Chandrayaan-3 scheduled for launch in August 2022: Minister

The Geosynchronous Satellite Launch Vehicle (GSLV-Mk III) lifting off with Chandrayaan-2 from the Sriharikota in Andhra Pradesh on July 22, 2019. (ISRO)

Chandrayaan-3 scheduled for launch in August 2022: Minister

New Delhi, February 3, 2022

Union Minister for Science & Technology Jitendra Singh has said Chandrayaan-3, India's third moon mission, is scheduled for launch in August 2022.

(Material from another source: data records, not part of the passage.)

//! From the bytes of files and of those that they include to their trees, or to the first refusal of the cards, the statements and the nests
//! of the source. Sections 2 and 3 of the standard, ANSI X3.9-1978, and MIL-STD-1753: INCLUDE.
#![tactic(auto)]

mod counts;
mod included;
mod mentions;
mod named;
mod source;
mod trees;

pub use named::{NamedFiles, read_files};
pub use source::read_source;
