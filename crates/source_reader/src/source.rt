//! From the cards of a source to the set of its trees.

ghost use Rattle.std.specs.Prelude.{◌≡◌, length, List, ℕ, IfOk};
ghost use Rattle.source_reader.specs.SourceReading.{IsNamed};
ghost use Rattle.source_reader.specs.Sources.{IsSourceRead, first_of_cards, AreTreesOf, IsNotDeep};

use crate::counts::{by_name, first_passing};
use crate::included::{PartsRead, or_else, read_parts};
use crate::named::NamedFiles;
use crate::trees::{after, check_parts, deep_in_files, parse_files, spliced, unless};
use cards::Cards;
use f_tree::{Fail, FileSet, Options, Refusal, Text};
use std::alloc::{AllocError, Global};

/// The set of the trees of a source, from the files that are named and the bytes of those that they include, which are given in the order of
/// their names. INCLUDE statements are replaced in it.
///
/// # Errors
///
/// The first refusal of the source by its phase, then by the file, the card and the number, where it is one of the cards (F01 to F07 and F47),
/// the statements (F10 to F17) or the nests of blocks (F17); or want of memory.
pub fn read_source(
    alloc: Global,
    named: &NamedFiles,
    included: &[Text],
    options: &Options,
) -> Result<FileSet, Fail>
    requires { length included.now ≡ length named.now.names }
    ensures { (files : List (List ℕ)) → IsNamed options.now files named.now → IsSourceRead options.now files named.now.names included.now result }
{
    let parts = read_parts(alloc, included, named.files.len(), options)?;
    match first_of_cards(alloc, named, &parts)? {
        Some(refusal) => Err(Fail::Refused(refusal)),
        None => read_trees(
            alloc,
            named.files.as_slice(),
            named.names.as_slice(),
            parts.cards.as_slice(),
        ),
    }
}

/// The first refusal of the cards of a source.
fn first_of_cards(
    alloc: Global,
    named: &NamedFiles,
    parts: &PartsRead,
) -> Result<Option<Refusal>, AllocError>
    requires { length named.now.names ≡ length parts.now.counts }
    ensures { IfOk result (λ refusal. refusal ≡ first_of_cards named.now parts.now) }
{
    let counts = by_name(alloc, named.names.as_slice(), parts.counts.as_slice())?;
    let passing = first_passing(alloc, &counts, named.files.as_slice())?;
    Ok(or_else(passing, or_else(named.refused, parts.refused)))
}

/// The set of the trees of a source, or the first refusal of its statements and its nests, from its cards.
fn read_trees(
    alloc: Global,
    files: &[Cards],
    names: &[Text],
    parts: &[Cards],
) -> Result<FileSet, Fail>
    requires { length names.now ≡ length parts.now }
    ensures { AreTreesOf files.now names.now parts.now result }
{
    let trees = match parse_files(alloc, files) {
        Ok(trees) => trees,
        Err(fail) => return Err(fail),
    };
    match after(trees, check_parts(alloc, names, parts)) {
        Ok(trees) => match spliced(alloc, names, parts, trees) {
            Ok(set) => not_deep(alloc, set),
            Err(fail) => Err(fail),
        },
        Err(fail) => Err(fail),
    }
}

/// A set, or the first refusal of its nests.
fn not_deep(alloc: Global, set: FileSet) -> Result<FileSet, Fail>
    ensures { IsNotDeep set result }
{
    let refused = deep_in_files(alloc, set.files.as_slice())?;
    unless(refused, set)
}
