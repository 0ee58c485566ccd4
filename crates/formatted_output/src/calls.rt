//! The calls of a formatted output on a unit (ANSI X3.9-1978, 12.8 and 13).

ghost use Rattle.std.specs.Prelude.{◌≡◌, ◌≤◌, [], ◌∷◌, length};
ghost use Rattle.f2c_outside.specs.Rows.{rows_of};
ghost use Rattle.c_tree.specs.FormatsGiven.{format_at};
ghost use Rattle.edit_rules.specs.Walks.{StandsIn};
ghost use Rattle.formatted_output.specs.Transferring.{AnswersStart, AnswersItems, AnswersEnd, FormatStarts, IsBegun, over_by, start_of, stop_answer};

use crate::acts::Stop;
use crate::endings::finish;
use crate::formats::read_format;
use crate::items::{item_list, put_items};
use c_tree::outcome::CValue;
use control_lists::{UnitControl, unit_control, unit_format};
use edit_rules::FormatWalk;
use f2c_outside::devices::Device;
use f2c_outside::unit_table::UnitTable;
use formatted_records::RecordSheet;
use run_bytes::RunBytes;
use unit_answers::{CallEnd, numbered, refused};

/// A formatted output on a unit that is in progress.
#[derive(Clone, Copy)]
pub struct FormattedOutput {
    pub(crate) unit: i32,
    pub(crate) on_error: i32,
    pub(crate) on_end: i32,
    pub(crate) walk: FormatWalk,
    pub(crate) sheet: RecordSheet,
}

/// What a start does that meets no fault.
#[derive(Clone, Copy)]
pub enum Start {
    /// A transfer begins, and the call answers 0.
    Begins(FormattedOutput),
    /// The call answers this number of an error, and no transfer begins.
    Answers(i32),
}

/// Where a transfer stands behind a call.
#[derive(Clone, Copy, Debug, PartialEq, Eq)]
pub enum Passage {
    /// It goes on, and the call answers 0.
    GoesOn,
    /// It is over by this number, which the call answers.
    Over(i32),
}

/// The output that a control list begins, under the format that begins a text.
fn begun(control: UnitControl, format: &[u8]) -> FormattedOutput
    ensures { IsBegun control format.now result }
{
    FormattedOutput {
        unit: control.unit,
        on_error: control.on_error,
        on_end: control.on_end,
        walk: FormatWalk::start(format),
        sheet: RecordSheet::on_unit(),
    }
}

/// A start by a number that its caller gets, with which no transfer begins.
fn not_begun(answer: Result<i32, CallEnd>) -> Result<Start, CallEnd>
    ensures { result ≡ start_of answer }
{
    match answer {
        Ok(number) => Ok(Start::Answers(number)),
        Err(end) => Err(end),
    }
}

/// The rest of a start, where the unit is connected: the format is read.
fn start_under(
    run: &RunBytes,
    control: UnitControl,
    given: CValue,
    format: &mut [u8],
) -> Result<Start, CallEnd>
    requires { 2048 ≤ length format.old }
    ensures { FormatStarts (format_at run.now given) control format.new result }
{
    match read_format(run, given, format) {
        Ok(true) => Ok(Start::Begins(begun(control, format))),
        Ok(false) => not_begun(numbered(10, control.on_error, control.on_end)),
        Err(fault) => Err(CallEnd::Fault(fault)),
    }
}

/// Begins a formatted output on the unit of a control list (12.8.1). Outside a transfer alone: in one it is the fault `Library`, which is the
/// caller's to answer. The format is copied to the front of a buffer of 2,048 bytes, which stays as it is as long as the transfer is in
/// progress.
///
/// # Errors
/// The first fault of the list or of the format; the end of the run by number 6, where the unit is not connected, and by number 10, where the
/// format is none or has more than 2,048 bytes, and the list does not ask for errors.
pub fn s_wsfe(
    run: &RunBytes,
    units: &UnitTable,
    pointer: CValue,
    format: &mut [u8],
) -> Result<Start, CallEnd>
    requires { 2048 ≤ length format.old }
    ensures { AnswersStart run.now pointer (rows_of (λ b. (⟦<dyn Device as Device>⟧ b.vtable).device_state b.value) units.now) format.new result }
{
    match unit_control(run, pointer) {
        Ok(control) => match unit_format(run, pointer) {
            Ok(given) => {
                if units.is_connected(control.unit) {
                    start_under(run, control, given, format)
                } else {
                    not_begun(numbered(6, control.on_error, control.on_end))
                }
            }
            Err(fault) => Err(CallEnd::Fault(fault)),
        },
        Err(fault) => Err(CallEnd::Fault(fault)),
    }
}

/// What a call answers where an output goes no further.
fn stopped(unit: i32, on_error: i32, on_end: i32, stop: Stop) -> Result<i32, CallEnd>
    ensures { result ≡ stop_answer unit on_error on_end stop }
{
    match stop {
        Stop::Number(number) => numbered(number, on_error, on_end),
        Stop::Refused(refusal) => refused(unit, refusal, on_error, on_end),
        Stop::Fault(fault) => Err(CallEnd::Fault(fault)),
    }
}

/// The end of an output by a number that its caller gets.
fn over(answer: Result<i32, CallEnd>) -> Result<Passage, CallEnd>
    ensures { result ≡ over_by answer }
{
    match answer {
        Ok(number) => Ok(Passage::Over(number)),
        Err(end) => Err(end),
    }
}

/// Puts so many items of a length, which stand one behind the other (12.8.2). Each is fetched when its descriptor is come to. The buffer is
/// that of the start, and the output stands in the format there.
///
/// # Errors
/// The first fault of the arguments or of an item; the end of the run by the number of an error, where the list of the start does not ask for
/// it; the unit where its device failed.
pub fn do_fio(
    output: &mut FormattedOutput,
    units: &mut UnitTable,
    run: &RunBytes,
    count: CValue,
    first: CValue,
    size: CValue,
    format: &[u8],
) -> Result<Passage, CallEnd>
    requires { StandsIn output.old.walk format.now }
    ensures { AnswersItems format.now run.now (count ∷ first ∷ size ∷ []) output.old output.new (rows_of (λ b. (⟦<dyn Device as Device>⟧ b.vtable).device_state b.value) units.old) (rows_of (λ b. (⟦<dyn Device as Device>⟧ b.vtable).device_state b.value) units.new) result }
{
    match item_list(run, count, size) {
        Ok(list) => match put_items(output, units, format, run, list, first) {
            Ok(()) => Ok(Passage::GoesOn),
            Err(stop) => over(stopped(output.unit, output.on_error, output.on_end, stop)),
        },
        Err(fault) => Err(CallEnd::Fault(fault)),
    }
}

/// Ends an output: what its format gives behind the last item is done, its last record is written, and the call answers 0 or the number of
/// the error (12.9.5.2). The buffer is that of its start, and the output stands in the format there.
///
/// # Errors
/// The end of the run by that number, where the list of the start does not ask for it; the unit where its device failed.
pub fn e_wsfe(output: FormattedOutput, units: &mut UnitTable, format: &[u8]) -> Result<i32, CallEnd>
    requires { StandsIn output.walk format.now }
    ensures { AnswersEnd format.now output (rows_of (λ b. (⟦<dyn Device as Device>⟧ b.vtable).device_state b.value) units.old) (rows_of (λ b. (⟦<dyn Device as Device>⟧ b.vtable).device_state b.value) units.new) result }
{
    let mut walk = output.walk;
    let mut sheet = output.sheet;
    match finish(&mut walk, &mut sheet, units, output.unit, format) {
        Ok(()) => Ok(0),
        Err(stop) => stopped(output.unit, output.on_error, output.on_end, stop),
    }
}
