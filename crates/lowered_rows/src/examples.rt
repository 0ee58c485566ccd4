//! Units whose lowering is computed.

ghost use Rattle.std.specs.Prelude.{◌≡◌, Some};
ghost use Rattle.lowering.specs.Units.{lowered_unit};
ghost use Rattle.lowering_laws.specs.Layer.{IsLaidOut};
ghost use Rattle.lowered_rows.specs.Examples.{a_loop, loop_steps, loop_text, a_block, block_steps, a_sum, sum_text, a_search, search_text, a_list, list_text, a_choice, choice_text, a_detour, detour_text, unit_of, lowered_steps};
ghost use Rattle.lowering_laws.specs.Layout.{LoopsFit};

/// A DO loop whose range adds up the values of a function, and a block of three arms with a guarded reference and a branch.
pub fn examples_are_lowered()
    ensures loop_ { lowered_steps a_loop ≡ Some loop_steps }
    ensures block { lowered_steps a_block ≡ Some block_steps }
{}

/// The text of an assignment with a reference and of a logical IF is laid out as the law of statements asks.
pub fn example_is_laid_out()
    ensures lowered { lowered_unit (unit_of a_sum) ≡ Some sum_text }
    ensures laid { IsLaidOut sum_text }
{}

/// A DO, and two DO WHILE loops that share their terminal statement, with a branch out of both, meet what the law asks of the loops of a unit,
/// and their texts are laid out so.
pub fn loops_are_laid_out()
    ensures counted_lowered { lowered_unit (unit_of a_loop) ≡ Some loop_text }
    ensures counted_fits { LoopsFit (unit_of a_loop).program }
    ensures counted_laid { IsLaidOut loop_text }
    ensures lowered { lowered_unit (unit_of a_search) ≡ Some search_text }
    ensures fits { LoopsFit (unit_of a_search).program }
    ensures laid { IsLaidOut search_text }
{}

/// A READ with END=, and a PRINT of a variable, which is handed on where it stands, and of a sum with a reference, which is kept; their text
/// is laid out as the law of statements asks.
pub fn transfers_are_laid_out()
    ensures lowered { lowered_unit (unit_of a_list) ≡ Some list_text }
    ensures laid { IsLaidOut list_text }
{}

/// A CALL with two alternate returns: behind it stand the branch by the number that is answered, and the two ways; the text is laid out as the
/// law of statements asks.
pub fn alternate_returns_are_laid_out()
    ensures lowered { lowered_unit (unit_of a_choice) ≡ Some choice_text }
    ensures laid { IsLaidOut choice_text }
{}

/// A GO TO by a variable without its labels, in a unit whose ASSIGN statements name two, one of them under a condition: behind its step stand the
/// jumps to both; the text is laid out as the law of statements asks.
pub fn assigned_labels_are_laid_out()
    ensures lowered { lowered_unit (unit_of a_detour) ≡ Some detour_text }
    ensures laid { IsLaidOut detour_text }
{}
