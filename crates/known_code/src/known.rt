//! What is proved of the code of a program, as the contract of a call that does nothing.

ghost use Rattle.known_code.specs.LostCode.{NoCodeIsLost};

use c_totality::totality::well_formed_code_stands;

/// In the code of well-formed files that keep the rules of linking, or that have too many bytes alone, each name stands for
/// something and each label is there (C89, 3.1.2 and 3.6.6.1).
pub fn linked_code_is_known()
    ensures { NoCodeIsLost }
{
    well_formed_code_stands()
}
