//! Program units whose lowering is computed, and some of them as instances of the law of statements. The functions here do nothing; their contracts are
//! the rows.
#![tactic(auto)]

pub mod examples;
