//! What is done behind each turn of a loop: the variable grows. C89, 3.6.5.3.

ghost use Rattle.std.specs.Prelude.{◌≡◌};
ghost use Rattle.named_items.specs.Structured as spec;

use crate::alike::{are_alike, number_in};
use crate::parts::nothing;
use c_tree::expression::{BinaryOp, CExpr};
use c_tree::statement::CNext;
use named_items::Item;

/// The operands of an operator that adds.
#[tactic(auto, unfolding(named_items::specs::Structured::added_in))]
fn added_in(operator: BinaryOp, left: CExpr, right: CExpr) -> Option<(CExpr, CExpr)>
    ensures { result ≡ spec.added_in operator left right }
{
    match operator {
        BinaryOp::Add => Some((left, right)),
        _ => None,
    }
}

/// The two operands of a sum.
#[tactic(auto, using(named_items::proofs::Forms::place_forms))]
fn sum_in(e: CExpr) -> Option<(CExpr, CExpr)>
    ensures { result ≡ spec.sum_in e }
{
    match e {
        CExpr::Binary(operator, left, right) => {
            added_in(operator, left.into_inner(), right.into_inner())
        }
        other => nothing(other),
    }
}

/// Whether a number is there and is 1.
#[tactic(auto, unfolding(named_items::specs::Structured::is_one))]
fn is_one(number: Option<i32>) -> bool
    ensures { result ≡ spec.is_one number }
{
    match number {
        Some(number) => number == 1,
        None => false,
    }
}

/// The growth of a variable by an amount.
#[tactic(auto, unfolding(named_items::specs::Structured::next_by))]
fn next_by(variable: CExpr, amount: CExpr) -> CNext
    ensures { result ≡ spec.next_by variable amount }
{
    if is_one(number_in(&amount)) {
        CNext::Up(variable)
    } else {
        CNext::Add(variable, amount)
    }
}

/// The growth of a variable, where a place that is written alike is set to a sum that begins with it.
#[tactic(auto, unfolding(named_items::specs::Structured::next_from))]
fn next_from(variable: &CExpr, target: CExpr, sum: Option<(CExpr, CExpr)>) -> Option<CNext>
    ensures { result ≡ spec.next_from variable.now target sum }
{
    let (operand, amount) = sum?;
    if are_alike(variable, &target) && are_alike(variable, &operand) {
        Some(next_by(target, amount))
    } else {
        None
    }
}

/// What the item behind a turn does to the variable of the loop.
#[tactic(auto, unfolding(named_items::specs::Structured::next_for))]
pub(crate) fn next_for(variable: &CExpr, item: Option<Item>) -> Option<CNext>
    ensures { result ≡ spec.next_for variable.now item }
{
    match item {
        Some(Item::Assign(target, value)) => next_from(variable, target, sum_in(value)),
        _ => None,
    }
}
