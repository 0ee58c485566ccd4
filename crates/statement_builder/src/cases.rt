//! The cases of a `switch`: the items behind it are their jumps. C89, 3.6.4.2.

ghost use Rattle.std.specs.List.{list_any};
ghost use Rattle.std.specs.Prelude.{◌≡◌, ◌+◌, ◌<◌, ◌≤◌, ◌^◌, IfOk, Some, length, option_copied, take};
ghost use Rattle.c_structure.specs.Statements.{case_by};
ghost use Rattle.c_structure.specs.Statements as statements;
ghost use Rattle.named_items.specs.declared.item.Item.TheVariants as item;
ghost use Rattle.named_items.specs.Layouts.{layout_of};
ghost use Rattle.named_items.specs.Structured as spec;
ghost use Rattle.statement_builder.specs.SwitchCases.{case_at, numbers_of};
ghost use Rattle.statement_builder.specs.SwitchCases as switch;

use crate::loop_tests::at;
use crate::parts::{nothing, switch_by};
use crate::span::Span;
use c_tree::expression::CExpr;
use c_tree::statement::CCase;
use named_items::{Case, Item, Layout, Part};
use plain_data::Items;
use std::alloc::{AllocError, Global};
use std::collections::VecDeque;

/// A case with the label to which its jump goes, where there is one.
#[tactic(auto, unfolding(c_structure::specs::Statements::case_by))]
fn labelled_case(
    alloc: Global,
    number: i32,
    label: Option<&[u8]>,
) -> Result<Option<CCase>, AllocError>
    ensures { IfOk result (λ found. found ≡ case_by number (option_copied label.entry)) }
{
    match label {
        Some(label) => {
            let label = Items::from_slice(alloc, label)?;
            Ok(Some(CCase { number, label }))
        }
        None => Ok(None),
    }
}

/// The case that a jump at a position is that of, where no label stands before it.
#[tactic(auto, unfolding(named_items::specs::Structured::case_for))]
fn jump_case(
    alloc: Global,
    layout: &Layout,
    position: usize,
    case: Case,
    target: usize,
) -> Result<Option<CCase>, AllocError>
    ensures { IfOk result (λ found. found ≡ spec.case_for (layout_of layout.now) position case (item.Jump target)) }
{
    if case.position == position && layout.label(position).is_none() {
        labelled_case(alloc, case.number, layout.label(target))
    } else {
        Ok(None)
    }
}

/// The case that the item at a position is the jump of, where there is one.
#[tactic(auto, unfolding(named_items::specs::Structured::case_for, crate::specs::SwitchCases::case_at))]
fn case_for(
    alloc: Global,
    layout: &Layout,
    position: usize,
    case: Case,
    item: Option<&Item>,
) -> Result<Option<CCase>, AllocError>
    ensures { IfOk result (λ found. found ≡ case_at (layout_of layout.now) position case (option_copied item.entry)) }
{
    match item {
        Some(Item::Jump(target)) => jump_case(alloc, layout, position, case, *target),
        _ => Ok(None),
    }
}

/// The cases whose jumps are the first items of a span, in their order.
fn cases_for(
    alloc: Global,
    layout: &Layout,
    items: &VecDeque<Item>,
    span: Span,
    cases: &[Case],
) -> Result<Option<Items<CCase>>, AllocError>
    requires room { length cases.now ≤ span.count }
    requires within { span.count ≤ length items.now.items }
    requires fits { span.position + 1 + span.count < 2 ^ 64 }
    ensures { IfOk result (λ found. found ≡ spec.cases_for (layout_of layout.now) (span.position + 1) cases.now (take span.count items.now.items)) }
{
    let mut found = Vec::new(alloc);
    let mut index = 0;
    while index < cases.len() {
        let position = span.position + 1 + index;
        match case_for(alloc, layout, position, cases[index], at(items, index))? {
            Some(case) => found.push(case)?,
            None => return Ok(None),
        }
        index += 1;
    }
    Ok(Some(Items::from_vec(found)))
}

/// Whether a number has no sign.
#[tactic(auto, unfolding(c_structure::specs::Statements::is_case_number))]
fn is_case_number(number: i32) -> bool
    ensures { result ≡ statements.is_case_number number }
{
    number >= 0
}

/// Whether a case has a number.
#[tactic(auto, unfolding(crate::specs::SwitchCases::has_number))]
fn has_number(number: i32, case: &Case) -> bool
    ensures { result ≡ switch.has_number number case.now }
{
    number == case.number
}

/// Whether one of some cases has a number.
fn stands_among(number: i32, cases: &[Case]) -> bool
    ensures { result ≡ list_any (switch.has_number number) cases.now }
{
    cases.iter().any(|case| has_number(number, case))
}

/// Whether the number of a case has no sign, and none of those behind it has it.
#[tactic(auto, unfolding(crate::specs::SwitchCases::is_own_number))]
fn is_its_own(case: Case, later: &[Case]) -> bool
    ensures { result ≡ switch.is_own_number case.number later.now }
{
    is_case_number(case.number) && !stands_among(case.number, later)
}

/// Whether the numbers of cases have no sign, and none stands twice.
fn are_case_numbers(cases: &[Case]) -> bool
    ensures { result ≡ statements.are_case_numbers (numbers_of cases.now) }
{
    let mut passed = 0;
    while passed < cases.len() {
        if !is_its_own(cases[passed], &cases[passed + 1..]) {
            return false;
        }
        passed += 1;
    }
    true
}

/// A value that picks one of the jumps that stand at once behind it.
pub(crate) fn switch_for(
    alloc: Global,
    layout: &Layout,
    items: &VecDeque<Item>,
    span: Span,
    value: CExpr,
    cases: &[Case],
    otherwise: usize,
) -> Result<Option<Part>, AllocError>
    requires within { span.count ≤ length items.now.items }
    requires fits { span.position + 1 + span.count < 2 ^ 64 }
    ensures { IfOk result (λ part. part ≡ spec.switch_for (layout_of layout.now) span.position value cases.now otherwise (take span.count items.now.items)) }
{
    if cases.len() > span.count
        || otherwise != span.position + 1 + cases.len()
        || !are_case_numbers(cases)
    {
        return Ok(nothing(value));
    }
    let found = cases_for(alloc, layout, items, span, cases)?;
    Ok(switch_by(value, cases.len(), found))
}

In a written reply to a question in the Lok Sabha on Wednesday, Dr Jitendra Singh said that, based on the learnings from Chandrayaan-2 and suggestions made by experts, the realization of Chandrayaan-3 is in progress.

"Many related hardware and their special tests are successfully completed and the launch is scheduled for August 2022," he said.

The Minister said that the number of missions planned during calendar year 2022 are 19, including eight Launch Vehicle Missions, seven Spacecraft Missions and four Technology Demonstrator Missions.

He said several ongoing missions were impacted due to the COVID-19 pandemic. Also, reprioritization of projects has taken place in the backdrop of Space Sector reforms and the newly-introduced demand-driven models.

The Rs 978-crore Chandrayaan-2 was launched into space by India's heavy lift rocket Geosynchronous Satellite Launch Vehicle-Mark III (GSLV Mk III) on July 22, 2019.

The Chandrayaan-2 spacecraft comprised three segments -- the Orbiter (weighing 2,379 kg, eight payloads), Vikram (1,471 kg, four payloads) and Pragyan, the rover (27 kg, two payloads).

After five earth-bound orbit raising activities, Chandrayaan-2 was inserted into the lunar orbit. On September 2, Vikram separated from the orbiter.

Early on September 7, 2019, Vikram, while on its descent to softland on the lunar's south polar region, apparently lost control and crashlanded, losing communication links with the ground station.

Chandrayaan-1 was launched on October 22, 2008, and began orbiting the moon on November 8, 2008.

Indian Space Research Organization (ISRO) lost radio contact with the lunar orbiter abruptly on August 29, 2009, signalling the end of that part of the ambitious project. By then, however, the 11 payloads of Chandrayaan-1 had largely met their objectives of studying the moon from different perspectives.